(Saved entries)
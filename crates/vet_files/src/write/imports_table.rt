//! The table of an imports file.
ghost use Rattle.std.specs.FinSet as set;
ghost use Rattle.std.specs.Option.{option_map_or};
ghost use Rattle.std.specs.Prelude.{◌≡◌, IfOk, option_copied};
ghost use Rattle.toml.specs.Data.{array, table};
ghost use Rattle.toml.specs.View.{table_view};
ghost use Rattle.vet_files.specs.ImportsTable.{excluded_of, imported_peer_table, imports_table, publisher_items};
ghost use Rattle.vet_files.specs.ReadAgain.{ReadsAudits, ReadsImported, ReadsImports, ReadsRecords};

use crate::imports_file::{ImportedPeer, ImportsContent};
use crate::keys::{AUDITS, PUBLISHER};
use crate::write::audits_table::audits_file_table;
use crate::write::members::{Member, WriteMember, write_members};
use crate::write::publisher_tables::publisher_items;
use crate::write::put::{put_unless_empty, put_value};
use std::alloc::{AllocError, Global};
use toml::{Table, Value};
use vet_base::name::Name;
use vet_base::package_names::PackageNames;
use vet_entries::peer_settings::PeerSettings;
use vet_entries::publisher_records::PackagePublishers;

/// Writes publisher records, those of each package at its name.
#[derive(Drop)]
struct WritePublishers {}

impl WriteMember for WritePublishers {
    type Item = PackagePublishers;

    ghost name = { λ p. p.«package» };

    ghost written = { λ w p. array (publisher_items p.publishers) };

    ghost Reads = { λ w p. ReadsRecords p };

    fn write(&self, alloc: Global, records: &PackagePublishers) -> Result<Member, AllocError> {
        Ok(Member {
            name: String::from_str(alloc, records.package.as_str())?,
            value: Value::Array(publisher_items(alloc, records.publishers.as_slice())?),
        })
    }
}

/// Writes the contents imported from peers, each at the peer's name, less the entries of the packages that the peer's
/// settings exclude.
#[derive(Drop)]
struct WriteImported<'a> {
    settings: &'a [PeerSettings],
}

impl WriteMember for WriteImported<'_> {
    type Item = ImportedPeer;

    ghost name = { λ p. p.name };

    ghost written = { λ w p. table (imported_peer_table w.settings.now p) };

    ghost Reads = { λ w p. ReadsImported w.settings.now p };

    fn write(&self, alloc: Global, peer: &ImportedPeer) -> Result<Member, AllocError> {
        Ok(Member {
            name: String::from_str(alloc, peer.name.as_str())?,
            value: Value::Table(imported_peer_table(alloc, self.settings, peer)?),
        })
    }
}

/// The table of an imports file.
pub(crate) fn imports_table(
    alloc: Global,
    settings: &[PeerSettings],
    content: &ImportsContent,
) -> Result<Table, AllocError>
    ensures table { IfOk result (λ t. table_view t ≡ imports_table settings.now content.now) }
    ensures read { IfOk result (λ t. ReadsImports settings.now content.now) }
{
    let peers = write_members(alloc, &WriteImported { settings }, content.peers.as_slice())?;
    let publishers = write_members(alloc, &WritePublishers {}, content.publishers.as_slice())?;
    let mut file = Table::new(alloc);
    put_value(alloc, &mut file, AUDITS, Value::Table(peers))?;
    put_unless_empty(alloc, &mut file, PUBLISHER, publishers)?;
    Ok(file)
}

/// The packages excluded by the first settings with a peer's name, or `None` if there are no such settings.
fn excluded<'a>(settings: &'a [PeerSettings], name: &Name) -> Option<&'a PackageNames>
    ensures { option_map_or (λ s. s) (option_copied result) set.empty ≡ excluded_of settings.now name.now }
{
    'peers: for peer in settings {
        if *name == peer.name {
            return Some(&peer.exclude);
        }
    }
    None
}

/// The table of the content imported from a peer.
fn imported_peer_table(
    alloc: Global,
    settings: &[PeerSettings],
    peer: &ImportedPeer,
) -> Result<Table, AllocError>
    ensures table { IfOk result (λ t. table_view t ≡ imported_peer_table settings.now peer.now) }
    ensures read { IfOk result (λ t. ReadsAudits (excluded_of settings.now peer.now.name)
        peer.now.content.criteria peer.now.content.entries) }
{
    let criteria = peer.content.criteria();
    let entries = peer.content.entries();
    match excluded(settings, &peer.name) {
        Some(exclude) => audits_file_table(alloc, exclude, criteria, entries),
        None => audits_file_table(alloc, &PackageNames::new(alloc), criteria, entries),
    }
}
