//! Tables printed as documents.
//!
//! **The text that is written is one that `toml` reads as exactly the table of the content.**
//!
//! A writer builds the table of its file and has `toml` print it. This crate assembles no text of a file. The table is
//! a function of the file's content (`audits_table` and the like, in `specs/`). Each type of values at a key says how
//! they are read and what is written for them (`Field`). Tables of known keys are made of these, with a small function
//! for each table. Tables by name (of criteria, peers, policies) are made by one walk over a list, and the lists of a
//! package's entries by another.
//!
//! The proof that a written text is read back has three parts. Contracts pass on the facts that only the types know,
//! such as that the text of a version is read as that version (`specs/ReadAgain.antt`). Lemmas show for any table made
//! of such parts that the reader's definition gives the same content. The two meet in the writer's contract, in which
//! `toml` gives the text. So the proof looks at the definitions of the readers, and not again at their code.
ghost use Rattle.std.specs.Prelude.{◌≡◌, ◌≤◌, IfErr, IfOk, Ok, Some, string_bytes};
ghost use Rattle.toml.specs.Data.{members_depth};
ghost use Rattle.toml.specs.Parse.{parse_document};
ghost use Rattle.toml.specs.View.{table_view};
ghost use Rattle.vet_files.specs.Audits.{document_told};

use std::alloc::Global;
use toml::Table;
use vet_base::refusal::Refusal;

/// Prints a table. If it is at most 80 deep, `toml` reads the text as this table.
pub(crate) fn print(alloc: Global, table: &Table) -> Result<String, Refusal>
    ensures parsed { IfOk result (λ s. members_depth (table_view table.now) ≤ 80
        → parse_document (string_bytes s) ≡ Some (table_view table.now)) }
    ensures read { IfOk result (λ s. members_depth (table_view table.now) ≤ 80
        → document_told (string_bytes s) ≡ Ok (table_view table.now)) }
    ensures memory { IfErr result (λ e. e ≡ Refusal.NoMemory) }
{
    match toml::table_to_string(alloc, table) {
        Ok(text) => Ok(text),
        Err(_) => Err(Refusal::NoMemory),
    }
}
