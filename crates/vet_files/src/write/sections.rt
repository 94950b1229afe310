//! The tables of lists of a file, and the entries that are in each.
ghost use Rattle.std.specs.Prelude.{◌≡◌};
ghost use Rattle.vet_files.specs.EntryTables.{is_listed};

use vet_entries::kind::Kind;

/// A table of lists of entries, by package.
#[derive(Clone, Copy)]
pub(crate) enum Listing {
    Audits,
    WildcardAudits,
    Trusted,
    Exemptions,
}

impl Listing {
    /// Whether entries of a kind are in this table. Exemptions with a last day are in none.
    pub(crate) fn holds(self, kind: &Kind) -> bool
        ensures { result ≡ is_listed self kind.now }
    {
        match self {
            Listing::Audits => matches!(
                kind,
                Kind::Full(_, _) | Kind::Delta(_, _) | Kind::Violation(_, _)
            ),
            Listing::WildcardAudits => matches!(kind, Kind::Wildcard(_, _)),
            Listing::Trusted => matches!(kind, Kind::Trusted(_)),
            Listing::Exemptions => matches!(kind, Kind::Exemption { last_day: None, .. }),
        }
    }
}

- **ASSIGNMENT**:
Every line from above should appear again in the answer, exactly as written.

- **SOLUTION BELOW**:
filename crates/vet_files/src/write/imports_table.rt
//! The table of an imports file.
ghost use Rattle.std.specs.FinSet as set;
ghost use Rattle.std.specs.Option.{option_map_or};
ghost use Rattle.std.specs.Prelude.{◌≡◌, IfOk, option_copied};
ghost use Rattle.toml.specs.Data.{array, table};
ghost use Rattle.toml.specs.View.{table_view};
ghost use Rattle.vet_files.specs.ImportsTable.{excluded_of, imported_peer_table, imports_table, publisher_items};
ghost use Rattle.vet_files.specs.ReadAgain.{ReadsAudits, ReadsImported, ReadsImports, ReadsRecords};

use crate::imports_file::{ImportedPeer, ImportsContent};
use crate::keys::{AUDITS, PUBLISHER};
use crate::write::audits_table::audits_file_table;
use crate::write::members::{Member, WriteMember, write_members};
use crate::write::publisher_tables::publisher_items;
use crate::write::put::{put_unless_empty, put_value};
use std::alloc::{AllocError, Global};
use toml::{Table, Value};
use vet_base::name::Name;
use vet_base::package_names::PackageNames;
use vet_entries::peer_settings::PeerSettings;
use vet_entries::publisher_records::PackagePublishers;

/// Writes publisher records, those of each package at its name.
#[derive(Drop)]
struct WritePublishers {}

impl WriteMember for WritePublishers {
    type Item = PackagePublishers;

    ghost name = { λ p. p.«package» };

    ghost written = { λ w p. array (publisher_items p.publishers) };

    ghost Reads = { λ w p. ReadsRecords p };

    fn write(&self, alloc: Global, records: &PackagePublishers) -> Result<Member, AllocError> {
        Ok(Member {
            name: String::from_str(alloc, records.package.as_str())?,
            value: Value::Array(publisher_items(alloc, records.publishers.as_slice())?),
        })
    }
}

/// Writes the contents imported from peers, each at the peer's name, less the entries of the packages that the peer's
/// settings exclude.
#[derive(Drop)]
struct WriteImported<'a> {
    settings: &'a [PeerSettings],
}

impl WriteMember for WriteImported<'_> {
    type Item = ImportedPeer;

    ghost name = { λ p. p.name };

    ghost written = { λ w p. table (imported_peer_table w.settings.now p) };

    ghost Reads = { λ w p. ReadsImported w.settings.now p };

    fn write(&self, alloc: Global, peer: &ImportedPeer) -> Result<Member, AllocError> {
        Ok(Member {
            name: String::from_str(alloc, peer.name.as_str())?,
            value: Value::Table(imported_peer_table(alloc, self.settings, peer)?),
        })
    }
}

/// The table of an imports file.
pub(crate) fn imports_table(
    alloc: Global,
    settings: &[PeerSettings],
    content: &ImportsContent,
) -> Result<Table, AllocError>
    ensures table { IfOk result (λ t. table_view t ≡ imports_table settings.now content.now) }
    ensures read { IfOk result (λ t. ReadsImports settings.now content.now) }
{
    let peers = write_members(alloc, &WriteImported { settings }, content.peers.as_slice())?;
    let publishers = write_members(alloc, &WritePublishers {}, content.publishers.as_slice())?;
    let mut file = Table::new(alloc);
    put_value(alloc, &mut file, AUDITS, Value::Table(peers))?;
    put_unless_empty(alloc, &mut file, PUBLISHER, publishers)?;
    Ok(file)
}

/// The packages excluded by the first settings with a peer's name, or `None` if there are no such settings.
fn excluded<'a>(settings: &'a [PeerSettings], name: &Name) -> Option<&'a PackageNames>
    ensures { option_map_or (λ s. s) (option_copied result) set.empty ≡ excluded_of settings.now name.now }
{
    'peers: for peer in settings {
        if *name == peer.name {
            return Some(&peer.exclude);
        }
    }
    None
}

/// The table of the content imported from a peer.
fn imported_peer_table(
    alloc: Global,
    settings: &[PeerSettings],
    peer: &ImportedPeer,
) -> Result<Table, AllocError>
    ensures table { IfOk result (λ t. table_view t ≡ imported_peer_table settings.now peer.now) }
    ensures read { IfOk result (λ t. ReadsAudits (excluded_of settings.now peer.now.name)
        peer.now.content.criteria peer.now.content.entries) }
{
    let criteria = peer.content.criteria();
    let entries = peer.content.entries();
    match excluded(settings, &peer.name) {
        Some(exclude) => audits_file_table(alloc, exclude, criteria, entries),
        None => audits_file_table(alloc, &PackageNames::new(alloc), criteria, entries),
    }
}
//! Tables printed as documents.
//!
//! **The text that is written is one that `toml` reads as exactly the table of the content.**
//!
//! A writer builds the table of its file and has `toml` print it. This crate assembles no text of a file. The table is
//! a function of the file's content (`audits_table` and the like, in `specs/`). Each type of values at a key says how
//! they are read and what is written for them (`Field`). Tables of known keys are made of these, with a small function
//! for each table. Tables by name (of criteria, peers, policies) are made by one walk over a list, and the lists of a
//! package's entries by another.
//!
//! The proof that a written text is read back has three parts. Contracts pass on the facts that only the types know,
//! such as that the text of a version is read as that version (`specs/ReadAgain.antt`). Lemmas show for any table made
//! of such parts that the reader's definition gives the same content. The two meet in the writer's contract, in which
//! `toml` gives the text. So the proof looks at the definitions of the readers, and not again at their code.
ghost use Rattle.std.specs.Prelude.{◌≡◌, ◌≤◌, IfErr, IfOk, Ok, Some, string_bytes};
ghost use Rattle.toml.specs.Data.{members_depth};
ghost use Rattle.toml.specs.Parse.{parse_document};
ghost use Rattle.toml.specs.View.{table_view};
ghost use Rattle.vet_files.specs.Audits.{document_told};

use std::alloc::Global;
use toml::Table;
use vet_base::refusal::Refusal;

/// Prints a table. If it is at most 80 deep, `toml` reads the text as this table.
pub(crate) fn print(alloc: Global, table: &Table) -> Result<String, Refusal>
    ensures parsed { IfOk result (λ s. members_depth (table_view table.now) ≤ 80
        → parse_document (string_bytes s) ≡ Some (table_view table.now)) }
    ensures read { IfOk result (λ s. members_depth (table_view table.now) ≤ 80
        → document_told (string_bytes s) ≡ Ok (table_view table.now)) }
    ensures memory { IfErr result (λ e. e ≡ Refusal.NoMemory) }
{
    match toml::table_to_string(alloc, table) {
        Ok(text) => Ok(text),
        Err(_) => Err(Refusal::NoMemory),
    }
}
filename crates/vet_files/src/write/sections.rt
repository 94950b1229afe310
//! The tables of lists of a file, and the entries that are in each.
ghost use Rattle.std.specs.Prelude.{◌≡◌};
ghost use Rattle.vet_files.specs.EntryTables.{is_listed};

use vet_entries::kind::Kind;

/// A table of lists of entries, by package.
#[derive(Clone, Copy)]
pub(crate) enum Listing {
    Audits,
    WildcardAudits,
    Trusted,
    Exemptions,
}

impl Listing {
    /// Whether entries of a kind are in this table. Exemptions with a last day are in none.
    pub(crate) fn holds(self, kind: &Kind) -> bool
        ensures { result ≡ is_listed self kind.now }
    {
        match self {
            Listing::Audits => matches!(
                kind,
                Kind::Full(_, _) | Kind::Delta(_, _) | Kind::Violation(_, _)
            ),
            Listing::WildcardAudits => matches!(kind, Kind::Wildcard(_, _)),
            Listing::Trusted => matches!(kind, Kind::Trusted(_)),
            Listing::Exemptions => matches!(kind, Kind::Exemption { last_day: None, .. }),
        }
    }
}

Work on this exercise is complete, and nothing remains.